SQL:******* UNPARSED QUERY IS ******* 
SELECT "T1"."DUMMY" "QCSJ_C000000000300000",
       "T2"."DUMMY" "QCSJ_C000000000300001" 
  FROM "SYS"."DUAL" "T1",
       "SYS"."DUAL" "T2" 
 WHERE "T1"."DUMMY"="T2"."DUMMY"

Query block (0x2aaaac888538) unchanged 
Query block (0x2aaaac887918) before join elimination: 
SQL:******* UNPARSED QUERY IS ******* 
SELECT "from$_subquery$_003"."QCSJ_C000000000300000_0" "QCSJ_C000000000300000",
       "from$_subquery$_003"."QCSJ_C000000000300001_1" "QCSJ_C000000000300001",
       "T3"."DUMMY" "DUMMY" 
  FROM  (SELECT "T1"."DUMMY" "QCSJ_C000000000300000_0",
                "T2"."DUMMY" "QCSJ_C000000000300001_1"
           FROM "SYS"."DUAL" "T1",
                "SYS"."DUAL" "T2" 
          WHERE "T1"."DUMMY"="T2"."DUMMY") "from$_subquery$_003",
        "SYS"."DUAL" "T3" 
 WHERE "from$_subquery$_003"."QCSJ_C000000000300000_0"="T3"."DUMMY"
Apparently Oracle joins first two tables and combins them into an inline view (first query block above). At this point it must take all the rows from both tables cause it doesn’t know which of them would be used later on for further join(s) or in the result set of columns. Ergo, in case some columns might be (and in my case are) named identically, Oracle gives them unique aliases.
Then it joins the third table (btw that’s why with two tabs the error doesn’t happen) (see the second query block in the snippet). Because this is the last table to be joined and all the previous tables have got unique aliases, Oracle doesn’t give unique aliases to t3 table’s columns.
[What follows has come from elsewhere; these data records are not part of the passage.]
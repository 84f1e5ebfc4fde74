ghost use Rattle.hg_sign.specs.Laws.{SignaturesAreOne};

/// A law: under the members' secrets only one signature of a body is accepted as a member's.
pub fn one_signature()
    ensures { SignaturesAreOne }
{}
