//! What a test that fails prints is proved here once, and not at each place that tests.

use std::fmt::Debug;
use std::process::Abort;

/// What is found in this case is to be what is wanted.
pub(crate) fn equal<T: Copy + Debug + PartialEq>(
    rt: &impl Abort,
    case: usize,
    found: T,
    wanted: T,
) {
    assert_eq!(rt; found, wanted, "case {case}");
}
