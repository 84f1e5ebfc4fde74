ghost use Rattle.std.specs.Prelude.{◌≡◌, ◌++◌};
ghost use Rattle.std.specs.Fmt.{decimal};
ghost use Rattle.hg_outcome.specs.Report.{byte_fault_text, fault_text, make_answer_text, make_fault_text, put_answer_text, sync_made_text};
ghost use Rattle.hg_pieces.specs.Phrases.{phrase_text};
ghost use Rattle.hg_pieces.specs.Pieces.{piece_text};

use crate::pieces::Piece;
use hg_life::{ByteFault, Fault, MakeAnswer, MakeFault, PutAnswer, SyncMade};

/// What is told of an answer: two texts, each of which may be empty, and then a piece.
#[derive(Clone, Copy)]
pub struct Phrase<'a> {
    pub first: &'a [u8],
    pub second: &'a [u8],
    pub detail: Piece<'a>,
}

/// What is wrong with an event's bytes: a word, and a number if there is one.
fn byte_fault_parts(fault: &ByteFault) -> (&'static [u8], Piece<'static>)
    ensures { result.0.now ++ piece_text result.1 ≡ byte_fault_text fault.now }
{
    match fault {
        ByteFault::Short(at) => (b"short ", Piece::Number(*at as u64)),
        ByteFault::BadMagic => (b"bad-magic", Piece::Bytes(b"")),
        ByteFault::BadKind(kind) => (b"bad-kind ", Piece::Number(u64::from(*kind))),
        ByteFault::BadLength(length) => (b"bad-length ", Piece::Number(u64::from(*length))),
        ByteFault::Trailing(count) => (b"trailing ", Piece::Number(*count as u64)),
    }
}

/// Why a node refuses an event: a word, and what is told of it.
pub fn fault_parts(fault: &Fault) -> (&[u8], Piece<'_>)
    ensures { result.0.now ++ piece_text result.1 ≡ fault_text fault.now }
{
    match fault {
        Fault::Bytes(fault) => byte_fault_parts(fault),
        Fault::Member(id) => (b"member ", Piece::Number(u64::from(*id))),
        Fault::Collision(place) => (b"collision ", Piece::Number(*place as u64)),
        Fault::Signature => (b"signature", Piece::Bytes(b"")),
        Fault::Impostor => (b"impostor", Piece::Bytes(b"")),
        Fault::MissingSelf(name) => (b"missing-self ", Piece::Name(name)),
        Fault::MissingOther(name) => (b"missing-other ", Piece::Name(name)),
        Fault::SelfCreator(place) => (b"self-creator ", Piece::Number(*place as u64)),
        Fault::OtherCreator(place) => (b"other-creator ", Piece::Number(*place as u64)),
        Fault::TooManyForkers(stake) => (b"too-many-forkers ", Piece::Number(*stake)),
        Fault::Full(limit) => (b"full ", Piece::Number(*limit as u64)),
    }
}

/// Why a node makes no event: a word, and what is told of it.
pub fn make_fault_parts(fault: &MakeFault) -> (&[u8], Piece<'_>)
    ensures { result.0.now ++ piece_text result.1 ≡ make_fault_text fault.now }
{
    match fault {
        MakeFault::HasFirst => (b"has-first", Piece::Bytes(b"")),
        MakeFault::NoFirst => (b"no-first", Piece::Bytes(b"")),
        MakeFault::MissingOther(name) => (b"missing-other ", Piece::Name(name)),
        MakeFault::OtherCreator(place) => (b"other-creator ", Piece::Number(*place as u64)),
        MakeFault::PayloadLong(length) => (b"payload-long ", Piece::Number(*length as u64)),
        MakeFault::Collision(place) => (b"collision ", Piece::Number(*place as u64)),
        MakeFault::Full(limit) => (b"full ", Piece::Number(*limit as u64)),
    }
}

/// A text, and the two parts of what is told behind it.
fn phrase_of<'a>(first: &'a [u8], parts: (&'a [u8], Piece<'a>)) -> Phrase<'a>
    ensures { phrase_text result ≡ first.entry.now ++ parts.entry.0.now ++ piece_text parts.entry.1 }
{
    Phrase {
        first,
        second: parts.0,
        detail: parts.1,
    }
}

/// A number alone.
pub fn number_phrase(number: u64) -> Phrase<'static>
    ensures { phrase_text result ≡ decimal number }
{
    phrase_of(b"", (b"", Piece::Number(number)))
}

/// What came of bytes that were put to a node.
pub fn put_answer_phrase(answer: &PutAnswer) -> Phrase<'_>
    ensures { phrase_text result ≡ put_answer_text answer.now }
{
    match answer {
        PutAnswer::Accepted(place) => phrase_of(b"", (b"accepted ", Piece::Number(*place as u64))),
        PutAnswer::Known(place) => phrase_of(b"", (b"known ", Piece::Number(*place as u64))),
        PutAnswer::Refused(fault) => phrase_of(b"refused ", fault_parts(fault)),
    }
}

/// What came of a node's making an event.
pub fn make_answer_phrase(answer: &MakeAnswer) -> Phrase<'_>
    ensures { phrase_text result ≡ make_answer_text answer.now }
{
    match answer {
        MakeAnswer::Made(place) => phrase_of(b"", (b"made ", Piece::Number(*place as u64))),
        MakeAnswer::Refused(fault) => phrase_of(b"refused ", make_fault_parts(fault)),
    }
}

/// What came of the event at the end of a sync.
pub fn sync_made_phrase(made: &SyncMade) -> Phrase<'_>
    ensures { phrase_text result ≡ sync_made_text made.now }
{
    match made {
        SyncMade::Row(place) => number_phrase(*place as u64),
        SyncMade::PeerBare => phrase_of(b"", (b"none peer-bare", Piece::Bytes(b""))),
        SyncMade::Fault(fault) => phrase_of(b"none ", make_fault_parts(fault)),
    }
}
Finally it restricts the result set columns list as requested by user. At this point we've got only one dummy column, from table t3.
This behavior looks like a really nasty bug as it conceals errors in development. I bumped into it (like many others) when migrated to Oracle 11g where the bug is fixed and the ansi query like this starts failing. A quick search on metalink revealed a note ID 835701.1 saying that it's been fixed in 10.2.0.5 and afterwards.